I was recently trying to solve a rather simple probability question. Notwithstanding, when I compared both approaches, I noticed that the outcomes were different, and was wandering if someone could explain me where it went wrong.
The problem. A cooking course is given, attended by four experienced participants and eight new ones. It is known that new participants attend the course with a $90\%$ probability, while those who have attended in previous years do so with a $75\%$ probability.
Determine the probability, that at least $11$ participants will attend today's lesson.
Approach 1. Notice that at least $11$ participants will attend the course today iff
- $8$ new and $4$ experienced participants do so.

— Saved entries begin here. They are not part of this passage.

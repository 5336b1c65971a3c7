// argmin's SR1TrustRegion: a session that proposes a step, is answered a cost and a gradient, keeps a radius
// and updates the Hessian.
#![tactic(auto)]

mod gain;
pub mod in_place;
pub mod session;
pub mod settings;
pub mod sr1_trustregion;
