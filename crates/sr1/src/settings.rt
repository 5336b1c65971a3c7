// What argmin's SR1TrustRegion is made with.
ghost use Rattle.std.specs.Prelude.{◌≡◌};
ghost use Rattle.sr1.specs.Settings.{by_default, settings_of, allowing, updating, in_range};
ghost use Rattle.sr1.specs.Session as Definition;
ghost use Rattle.sr1.specs.Laws.{lawful};

use kernels::choice::Choice;
use kernels::{choice, kernel};
use offer::session::Kind;
use offer::state;
use vectors::refusal;

#[derive(Clone, Copy)]
pub struct Settings {
    pub choice: Choice,
    pub radius: f64,
    pub eta: f64,
    pub factor: f64,
    pub tol_grad: f64,
    pub allowance: u64,
    pub edition: u64,
}

impl Settings {
    pub const RADIUS: f64 = 1.0;

    pub const ETA: f64 = 0.5e-3;

    pub const FACTOR: f64 = 1e-8;

    pub const TOL_GRAD: f64 = 1e-3;

    pub const ALLOWANCE: u64 = 1000;

    // Of the rule that says when the Hessian is updated: 1 is argmin's, 2 the book's.
    pub const EDITION: u64 = 1;

    // The defaults for all but the kernel and Steihaug's iteration limit, which have none.
    pub fn new(kernel: u64, limit: u64) -> Self
        ensures { result ≡ by_default kernel limit }
    {
        let choice = Choice::new(kernel, limit);
        Self::of(
            choice,
            Self::RADIUS,
            Self::ETA,
            Self::FACTOR,
            Self::TOL_GRAD,
        )
    }

    // Of what is told. Whatever else the settings may come to hold gets its default here, and no caller need know it.
    pub fn of(choice: Choice, radius: f64, eta: f64, factor: f64, tol_grad: f64) -> Self
        ensures { result ≡ settings_of choice radius eta factor tol_grad }
    {
        Self {
            choice,
            radius,
            eta,
            factor,
            tol_grad,
            allowance: Self::ALLOWANCE,
            edition: Self::EDITION,
        }
    }

    // At most so many hidden trials in a row. (Why TrustRegion's settings have their own: there.)
    pub fn with_allowance(self, allowance: u64) -> Self
        ensures { result ≡ allowing allowance self }
    {
        Self { allowance, ..self }
    }

    // By this edition of the rule.
    pub fn with_edition(self, edition: u64) -> Self
        ensures { result ≡ updating edition self }
    {
        Self { edition, ..self }
    }
}

// Every setting is checked, whatever the kernel. The radius is taken by magnitude.
#[tactic(auto, unfolding(crate::specs::Settings::in_range))]
pub fn in_range(t: Settings) -> bool
    ensures { result ≡ in_range t }
{
    refusal::all_hold(&[
        choice::in_range(t.choice),
        kernel::positive(float::magnitude(t.radius)),
        kernel::positive(t.eta),
        t.eta < 0.01,
        kernel::positive(t.factor),
        t.factor < 1.0,
        float::finite(t.tol_grad),
        0.0 <= t.tol_grad,
        state::allowable(t.allowance),
        1 <= t.edition,
        t.edition <= 2,
    ])
}

// The fall that the model promises: (−(g·s)) − 0.5·(s·H·s).
fn predicted_fall(slope: f64, curvature: f64) -> f64
    ensures { result ≡ Definition.predicted_fall slope curvature }
{
    float::one_nan(-slope - 0.5 * curvature)
}

impl Kind for Settings {
    ghost kind = { Definition.kind };

    ghost laws = { lawful };

    fn in_range(self) -> bool {
        in_range(self)
    }

    fn choice(self) -> Choice {
        self.choice
    }

    fn allowance(self) -> u64 {
        self.allowance
    }

    fn first_radius(self) -> f64 {
        float::magnitude(self.radius)
    }

    // A step is promised on its predicted fall, whatever the cost.
    fn promise(_cost: f64, slope: f64, curvature: f64) -> f64 {
        predicted_fall(slope, curvature)
    }
}
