// What an update adds to the Hessian: the entry in row i and column j gains z_i·z_j·(1/q).
ghost use Rattle.std.specs.Prelude.{◌≡◌, ◌+◌, ◌*◌, ◌≤◌, ◌<◌, length};
ghost use Rattle.float.specs.Numbers.{◌⊕◌, ◌⊗◌};
ghost use Rattle.vectors.specs.Vector.{all_finite};
ghost use Rattle.vectors.specs.Slots.{Puts};
ghost use Rattle.vectors.specs.Refusal.{Square};
ghost use Rattle.sr1.specs.Session.{gained_row, gained};

// The n numbers of z, and 1/q.
#[derive(Clone, Copy)]
pub(crate) struct Gain<'a> {
    pub n: usize,
    pub z: &'a [f64],
    pub share: f64,
    ghost long: { length z.now ≡ n },
}

impl Gain<'_> {
    // What an entry becomes, where a is z_i and b is z_j.
    fn entry(&self, x: f64, a: f64, b: f64) -> f64
        ensures { result ≡ x ⊕ a ⊗ b ⊗ self.now.share }
    {
        x + a * b * self.share
    }

    // Whether each entry of row i will be finite. The loop runs to the end of the row whatever it meets, so that the machine can
    // take several entries at a time.
    fn row_finite(&self, hessian: &[f64], i: usize) -> bool
        requires { (i * self.now.n + self.now.n ≤ length hessian.now) × (i < self.now.n) }
        ensures { result ≡ all_finite (gained_row self.now.n hessian.now self.now.z.now self.now.share i) }
    {
        let start = i * self.n;
        let a = self.z[i];
        let mut all = true;
        for j in 0..self.n {
            all &= float::finite(self.entry(hessian[start + j], a, self.z[j]));
        }
        all
    }

    // Whether each entry will be finite.
    pub(crate) fn rows_finite(&self, hessian: &[f64]) -> bool
        requires { Square self.now.n (length hessian.now) }
        ensures { result ≡ all_finite (gained self.now.n hessian.now self.now.z.now self.now.share) }
    {
        for i in 0..self.n {
            if !self.row_finite(hessian, i) {
                return false;
            }
        }
        true
    }

    // Row i takes its new entries.
    fn write_row(&self, hessian: &mut [f64], i: usize)
        requires { (i * self.now.n + self.now.n ≤ length hessian.old) × (i < self.now.n) }
        ensures { Puts hessian.old self.now.n i (gained_row self.now.n hessian.old self.now.z.now self.now.share i) hessian.new }
    {
        let start = i * self.n;
        let a = self.z[i];
        for j in 0..self.n {
            hessian[start + j] = self.entry(hessian[start + j], a, self.z[j]);
        }
    }

    // Every row does.
    pub(crate) fn write_rows(&self, hessian: &mut [f64])
        requires { Square self.now.n (length hessian.old) }
        ensures { hessian.new ≡ gained self.now.n hessian.old self.now.z.now self.now.share }
    {
        for i in 0..self.n {
            self.write_row(hessian, i);
        }
    }
}
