// The same calls on a session that is lent, to be changed in place: each keeps what the call by value returns.
ghost use Rattle.sr1.specs.Settings.{chosen};
ghost use Rattle.sr1.specs.Session.{proposal, judgement};
ghost use Rattle.sr1.specs.Calls.{Proposes, Judges};

use crate::session::Session;
use crate::sr1_trustregion;
use offer::state::Said;
use vectors::refusal::Refusal;

pub fn propose(
    s: &mut Session,
    n: usize,
    point: &[f64],
    gradient: &[f64],
    hessian: &[f64],
    step: &mut [f64],
    trial: &mut [f64],
    scratch: &mut [f64],
) -> Result<Said, Refusal>
    ensures { Proposes (proposal chosen s.old n point.now gradient.now hessian.now step.old trial.old scratch.old)
        s.old step.old trial.old scratch.old (record { session = s.new; outcome = result }) step.new trial.new scratch.new }
{
    let after = sr1_trustregion::proposed(*s, n, point, gradient, hessian, step, trial, scratch);
    *s = after.session;
    after.outcome
}

pub fn answer(
    s: &mut Session,
    n: usize,
    cost: f64,
    new_gradient: &[f64],
    point: &mut [f64],
    step: &[f64],
    trial: &[f64],
    gradient: &mut [f64],
    hessian: &mut [f64],
    scratch: &mut [f64],
) -> Result<Said, Refusal>
    ensures { Judges (judgement s.old n cost new_gradient.now point.old step.now trial.now gradient.old hessian.old scratch.old)
        s.old point.old gradient.old hessian.old scratch.old (record { session = s.new; outcome = result }) point.new gradient.new hessian.new scratch.new }
{
    let after = sr1_trustregion::judged(
        *s,
        n,
        cost,
        new_gradient,
        point,
        step,
        trial,
        gradient,
        hessian,
        scratch,
    );
    *s = after.session;
    after.outcome
}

- $8$ new and $3$ experienced participants do so.
- $7$ new and $4$ experienced participants do so.
Define the variables $A="\text{number of new participants attending todays course}"$ and $B$ similarly for experienced participants. Then we are asked to evaluate $$P(A=8)\cdot P(B=4)+P(A=8)\cdot P(B=3)+P(A=7)\cdot P(B=4)=\ldots\approx 43,8\%$$
Approach 2. We consider the probability that a random selected participant will attend the course today. This is $$p=\frac{0.9\cdot8+0.75\cdot 4}{12}=0.85$$ Thus, if $X$ denotes the amount of participants attending today's lesson we should have $$P(X\geqslant 11)=P(X=11)+P(X=12)=\binom{12}{11}\cdot (0.85)^{11}\cdot 0.15+0.85^{12}\approx 44.3\%$$
I am confident that the first approach is correct, and, hence, the answer should be $43,8\%$. But, what's wrong with the second approach? I am looking for both rigorous and intuitive ways of showing that the latter approach does not work. Thanks :)